Collected data entries
####
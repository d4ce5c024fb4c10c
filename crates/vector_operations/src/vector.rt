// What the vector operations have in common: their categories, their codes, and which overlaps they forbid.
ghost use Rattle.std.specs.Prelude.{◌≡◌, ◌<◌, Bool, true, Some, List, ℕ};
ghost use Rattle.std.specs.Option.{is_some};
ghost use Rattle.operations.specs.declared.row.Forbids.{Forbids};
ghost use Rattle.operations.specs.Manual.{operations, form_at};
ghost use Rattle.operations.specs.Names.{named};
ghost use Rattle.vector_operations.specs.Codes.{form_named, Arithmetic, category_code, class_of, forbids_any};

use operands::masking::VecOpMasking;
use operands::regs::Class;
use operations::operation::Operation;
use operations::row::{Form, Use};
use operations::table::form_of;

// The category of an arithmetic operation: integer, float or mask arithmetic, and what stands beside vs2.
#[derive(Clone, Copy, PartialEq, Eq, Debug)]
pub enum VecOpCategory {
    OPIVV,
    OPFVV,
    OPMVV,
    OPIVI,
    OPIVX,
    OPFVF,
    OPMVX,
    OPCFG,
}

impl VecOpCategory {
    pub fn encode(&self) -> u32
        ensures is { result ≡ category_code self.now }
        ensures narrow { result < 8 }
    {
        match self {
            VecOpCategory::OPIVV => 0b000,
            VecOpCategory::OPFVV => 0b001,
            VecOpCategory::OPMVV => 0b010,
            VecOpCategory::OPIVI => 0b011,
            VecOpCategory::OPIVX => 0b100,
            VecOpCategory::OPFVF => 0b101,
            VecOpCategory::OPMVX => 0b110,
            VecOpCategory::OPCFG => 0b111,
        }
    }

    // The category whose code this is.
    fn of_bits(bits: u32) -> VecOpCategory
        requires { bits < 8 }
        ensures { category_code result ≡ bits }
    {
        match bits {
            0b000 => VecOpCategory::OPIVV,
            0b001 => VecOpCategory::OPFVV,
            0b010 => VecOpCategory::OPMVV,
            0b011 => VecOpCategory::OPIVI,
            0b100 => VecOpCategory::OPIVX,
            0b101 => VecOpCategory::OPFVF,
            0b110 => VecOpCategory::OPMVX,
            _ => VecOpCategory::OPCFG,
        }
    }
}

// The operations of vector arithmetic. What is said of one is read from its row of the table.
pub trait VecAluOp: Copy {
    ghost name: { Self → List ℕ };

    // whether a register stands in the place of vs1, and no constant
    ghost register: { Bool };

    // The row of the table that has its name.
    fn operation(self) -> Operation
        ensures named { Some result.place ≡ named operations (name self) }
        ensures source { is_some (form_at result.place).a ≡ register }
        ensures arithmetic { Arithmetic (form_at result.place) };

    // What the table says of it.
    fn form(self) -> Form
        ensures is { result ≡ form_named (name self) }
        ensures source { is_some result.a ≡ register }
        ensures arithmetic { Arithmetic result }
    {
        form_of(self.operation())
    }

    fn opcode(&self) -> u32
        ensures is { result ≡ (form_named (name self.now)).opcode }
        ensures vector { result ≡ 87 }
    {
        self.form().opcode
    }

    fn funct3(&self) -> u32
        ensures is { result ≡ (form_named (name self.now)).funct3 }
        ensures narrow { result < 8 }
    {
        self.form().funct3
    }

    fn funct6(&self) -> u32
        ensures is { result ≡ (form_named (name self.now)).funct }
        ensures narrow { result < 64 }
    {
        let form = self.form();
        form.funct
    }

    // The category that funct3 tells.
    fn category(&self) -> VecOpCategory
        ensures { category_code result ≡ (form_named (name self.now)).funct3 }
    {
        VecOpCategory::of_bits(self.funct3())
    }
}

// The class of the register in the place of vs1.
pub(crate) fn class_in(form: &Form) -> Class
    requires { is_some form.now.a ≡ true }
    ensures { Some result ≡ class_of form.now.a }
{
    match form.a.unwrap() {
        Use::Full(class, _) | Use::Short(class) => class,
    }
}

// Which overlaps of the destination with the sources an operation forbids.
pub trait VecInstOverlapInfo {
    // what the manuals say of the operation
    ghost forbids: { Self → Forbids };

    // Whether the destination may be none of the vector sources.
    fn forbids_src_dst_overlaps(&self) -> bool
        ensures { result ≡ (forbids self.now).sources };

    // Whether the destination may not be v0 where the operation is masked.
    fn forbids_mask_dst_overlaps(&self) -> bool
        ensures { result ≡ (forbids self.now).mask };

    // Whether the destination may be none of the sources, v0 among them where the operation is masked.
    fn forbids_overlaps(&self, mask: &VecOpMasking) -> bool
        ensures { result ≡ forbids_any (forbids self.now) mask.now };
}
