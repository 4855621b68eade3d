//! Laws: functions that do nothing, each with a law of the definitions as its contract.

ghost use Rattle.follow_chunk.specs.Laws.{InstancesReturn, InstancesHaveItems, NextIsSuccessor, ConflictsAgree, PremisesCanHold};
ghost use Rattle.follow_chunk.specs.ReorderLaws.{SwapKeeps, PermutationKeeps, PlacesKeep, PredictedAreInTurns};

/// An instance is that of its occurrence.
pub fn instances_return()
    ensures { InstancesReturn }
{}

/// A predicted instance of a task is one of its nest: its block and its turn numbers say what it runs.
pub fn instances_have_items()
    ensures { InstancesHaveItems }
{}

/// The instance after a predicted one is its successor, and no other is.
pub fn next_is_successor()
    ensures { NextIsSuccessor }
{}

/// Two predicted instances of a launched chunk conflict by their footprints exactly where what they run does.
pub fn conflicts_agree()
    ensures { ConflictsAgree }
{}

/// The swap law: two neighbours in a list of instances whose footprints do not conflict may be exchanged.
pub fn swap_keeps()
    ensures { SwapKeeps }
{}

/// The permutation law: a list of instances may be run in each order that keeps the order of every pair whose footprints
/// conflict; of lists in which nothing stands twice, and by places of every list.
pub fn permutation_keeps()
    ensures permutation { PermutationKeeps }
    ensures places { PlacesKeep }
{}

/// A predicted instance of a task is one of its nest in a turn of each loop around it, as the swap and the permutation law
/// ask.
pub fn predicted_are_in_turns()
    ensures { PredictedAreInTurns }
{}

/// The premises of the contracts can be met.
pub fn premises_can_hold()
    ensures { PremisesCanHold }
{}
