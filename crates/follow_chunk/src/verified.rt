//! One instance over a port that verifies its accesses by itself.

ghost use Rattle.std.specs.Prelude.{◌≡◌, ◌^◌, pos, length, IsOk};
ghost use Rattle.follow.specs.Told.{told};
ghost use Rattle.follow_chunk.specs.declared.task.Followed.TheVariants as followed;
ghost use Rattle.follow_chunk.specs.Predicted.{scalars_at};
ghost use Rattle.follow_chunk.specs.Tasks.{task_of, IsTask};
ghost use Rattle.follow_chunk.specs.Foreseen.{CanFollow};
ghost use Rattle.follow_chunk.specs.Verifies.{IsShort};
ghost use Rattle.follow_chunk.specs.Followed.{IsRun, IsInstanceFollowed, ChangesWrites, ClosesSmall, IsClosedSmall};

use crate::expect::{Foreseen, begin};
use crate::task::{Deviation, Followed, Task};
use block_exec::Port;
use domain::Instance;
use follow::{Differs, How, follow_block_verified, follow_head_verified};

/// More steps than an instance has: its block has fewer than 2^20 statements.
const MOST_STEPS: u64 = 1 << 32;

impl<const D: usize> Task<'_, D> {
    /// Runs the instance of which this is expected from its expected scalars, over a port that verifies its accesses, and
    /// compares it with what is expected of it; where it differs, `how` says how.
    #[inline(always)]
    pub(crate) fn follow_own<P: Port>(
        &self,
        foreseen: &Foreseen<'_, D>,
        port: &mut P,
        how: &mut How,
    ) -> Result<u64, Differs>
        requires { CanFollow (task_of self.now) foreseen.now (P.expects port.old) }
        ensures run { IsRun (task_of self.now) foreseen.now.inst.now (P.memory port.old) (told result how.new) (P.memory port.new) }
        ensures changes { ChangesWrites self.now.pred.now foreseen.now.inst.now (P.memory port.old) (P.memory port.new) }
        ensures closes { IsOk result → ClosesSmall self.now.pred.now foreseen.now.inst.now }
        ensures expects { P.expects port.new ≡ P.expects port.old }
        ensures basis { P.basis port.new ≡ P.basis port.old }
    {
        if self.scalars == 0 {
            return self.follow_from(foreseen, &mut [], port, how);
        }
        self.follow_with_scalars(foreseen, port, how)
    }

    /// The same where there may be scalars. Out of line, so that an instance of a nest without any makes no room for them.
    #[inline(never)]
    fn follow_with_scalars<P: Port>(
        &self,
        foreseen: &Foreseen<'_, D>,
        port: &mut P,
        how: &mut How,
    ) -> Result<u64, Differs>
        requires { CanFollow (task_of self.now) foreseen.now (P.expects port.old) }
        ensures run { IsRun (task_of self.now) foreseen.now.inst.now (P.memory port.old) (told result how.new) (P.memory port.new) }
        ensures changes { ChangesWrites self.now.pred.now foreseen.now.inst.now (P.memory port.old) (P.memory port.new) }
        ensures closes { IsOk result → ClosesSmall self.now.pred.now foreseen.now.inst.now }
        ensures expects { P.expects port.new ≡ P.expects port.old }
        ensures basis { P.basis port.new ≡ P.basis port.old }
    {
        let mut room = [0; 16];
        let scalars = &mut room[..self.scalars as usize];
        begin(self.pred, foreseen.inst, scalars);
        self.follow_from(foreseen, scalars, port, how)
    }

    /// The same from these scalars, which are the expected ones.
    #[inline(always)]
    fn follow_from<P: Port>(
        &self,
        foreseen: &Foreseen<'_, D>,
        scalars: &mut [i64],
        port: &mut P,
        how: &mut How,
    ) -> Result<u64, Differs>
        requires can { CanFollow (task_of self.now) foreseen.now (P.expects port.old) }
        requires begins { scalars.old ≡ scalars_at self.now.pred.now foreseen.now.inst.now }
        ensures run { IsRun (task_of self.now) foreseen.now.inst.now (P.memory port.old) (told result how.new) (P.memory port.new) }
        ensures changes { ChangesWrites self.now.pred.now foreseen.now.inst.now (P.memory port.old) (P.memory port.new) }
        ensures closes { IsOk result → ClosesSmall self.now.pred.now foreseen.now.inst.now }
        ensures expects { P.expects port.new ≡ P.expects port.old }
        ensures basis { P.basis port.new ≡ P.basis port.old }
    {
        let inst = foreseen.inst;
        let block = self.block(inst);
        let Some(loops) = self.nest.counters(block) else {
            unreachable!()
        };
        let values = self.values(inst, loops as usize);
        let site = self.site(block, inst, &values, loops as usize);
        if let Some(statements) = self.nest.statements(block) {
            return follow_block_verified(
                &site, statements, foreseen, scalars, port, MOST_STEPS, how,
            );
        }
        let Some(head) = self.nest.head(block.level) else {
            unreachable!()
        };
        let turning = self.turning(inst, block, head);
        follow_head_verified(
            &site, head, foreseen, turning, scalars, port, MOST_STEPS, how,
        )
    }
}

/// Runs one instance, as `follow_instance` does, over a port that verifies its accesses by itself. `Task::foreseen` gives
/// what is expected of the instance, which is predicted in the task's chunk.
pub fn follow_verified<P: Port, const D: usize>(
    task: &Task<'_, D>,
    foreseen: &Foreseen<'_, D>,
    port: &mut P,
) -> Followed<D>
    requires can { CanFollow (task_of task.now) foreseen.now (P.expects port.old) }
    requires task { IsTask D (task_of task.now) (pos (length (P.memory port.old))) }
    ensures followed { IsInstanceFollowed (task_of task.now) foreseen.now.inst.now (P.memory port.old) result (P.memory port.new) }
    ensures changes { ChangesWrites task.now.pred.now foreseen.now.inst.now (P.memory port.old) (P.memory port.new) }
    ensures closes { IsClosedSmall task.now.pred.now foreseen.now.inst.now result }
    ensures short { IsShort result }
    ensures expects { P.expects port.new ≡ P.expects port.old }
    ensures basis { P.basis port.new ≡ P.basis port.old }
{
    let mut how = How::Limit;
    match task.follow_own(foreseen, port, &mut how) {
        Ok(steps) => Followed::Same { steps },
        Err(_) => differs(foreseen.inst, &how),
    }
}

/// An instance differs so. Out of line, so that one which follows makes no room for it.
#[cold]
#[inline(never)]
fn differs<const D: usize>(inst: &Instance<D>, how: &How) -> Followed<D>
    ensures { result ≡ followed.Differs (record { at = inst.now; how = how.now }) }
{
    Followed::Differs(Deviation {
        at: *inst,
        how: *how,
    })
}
####
TASK DETAILS
If a line of the records holds the word "them", count it; report only the total.

ANSWER TO THIS EXERCISE
2